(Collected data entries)
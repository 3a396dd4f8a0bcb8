// Runs the planner, the strict planner, the quick planner, the sheet reader, the charge, the order of starting, the views, the day and pooling on fixed
// books and sheets, and prints each answer. Every refusal is reached: 1 to 8 with its line, and 9 to 23. The stored output is what documents 01 and 02 say.
#![tactic(auto)]

use model::Answer;
use std::io;
use std::io::Print;

// Document 01's example.
const EXAMPLE: &[u8] =
    b"0101030400000064000A\n0201000500050005\n020100050004FFFC\n0201000400040000\n";

fn print(rt: &impl Print, text: &[u8]) -> io::Result<()> {
    rt.write_all(text)
}

fn print_field(rt: &impl Print, name: &[u8], n: u64) -> io::Result<()> {
    print(rt, name)?;
    rt.print(n)
}

// The numbers of an answer.
fn print_numbers(rt: &impl Print, name: &[u8], call: &[u8], a: Answer) -> io::Result<()> {
    print(rt, name)?;
    print_field(rt, call, a.number)?;
    print_field(rt, b" line ", a.line)?;
    print_field(rt, b" bytes ", a.bytes)?;
    print_field(rt, b" worth ", a.worth)?;
    print_field(rt, b" trials ", a.trials)
}

// An answer, and the buffer as the call left it.
fn print_answer(
    rt: &impl Print,
    name: &[u8],
    call: &[u8],
    a: Answer,
    sheet: &[u8],
) -> io::Result<()> {
    print_numbers(rt, name, call, a)?;
    print(rt, b"\n")?;
    print(rt, sheet)?;
    print(rt, b"\n")
}

fn quick_case(rt: &impl Print, name: &[u8], book: &[u8], sheet: &mut [u8]) -> io::Result<()> {
    let a = quick::quick(book, sheet);
    print_answer(rt, name, b": quick, number ", a, sheet)
}

fn plan_case(
    rt: &impl Print,
    name: &[u8],
    book: &[u8],
    work: &mut [u64],
    sheet: &mut [u8],
) -> io::Result<()> {
    let a = planner::plan(book, work, sheet);
    print_answer(rt, name, b": plan, number ", a, sheet)
}

fn strict_case(
    rt: &impl Print,
    name: &[u8],
    book: &[u8],
    work: &mut [u64],
    sheet: &mut [u8],
) -> io::Result<()> {
    let a = strict::plan_strict(book, work, sheet);
    print_answer(rt, name, b": strict, number ", a, sheet)
}
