// No code: what "leaves one outcome" means, for every call alike. It stands in specs/.

#![tactic(auto)]
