// What a check of the same image in the small format returns.
fn told_small(rt: &(impl Abort + AllocGlobal), lists: &[&[Change]]) -> Result<Summary, ImageFault> {
    check1(rt.alloc(), &mut disk_of(rt, 0x40, lists))
}

// What a check returns where memory is refused after `size` bytes: of the disk's own bytes, or of a copy.
fn told_within(
    rt: &(impl Abort + AllocGlobal),
    lists: &[&[Change]],
    is_copied: bool,
    size: usize,
) -> Result<Summary, ImageFault> {
    let heap = LocalHeap::new(rt.alloc(), size).expect(rt, "memory");
    let mut disk = disk_of(rt, 0x41, lists);
    if is_copied {
        return check(&heap, &mut fail_after(disk, u64::MAX));
    }
    check(&heap, &mut disk)
}

// Changes that are made one list after the other, and what a check of the image returns then.
// That is how many inodes and blocks are in use, or what is wrong.
struct Case {
    name: &'static str,
    /// Whether this is expected in the large format, and in the small one.
    large: bool,
    small: bool,
    lists: &'static [&'static [Change]],
    told: Result<(usize, usize), ImageFault>,
}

_REQUIREMENT_: Return the lines from the one containing "lists: &'static [&'static" through the last line of the records. Include both ends and nothing else.

_TASK ANSWER_:
    lists: &'static [&'static [Change]],
    told: Result<(usize, usize), ImageFault>,
}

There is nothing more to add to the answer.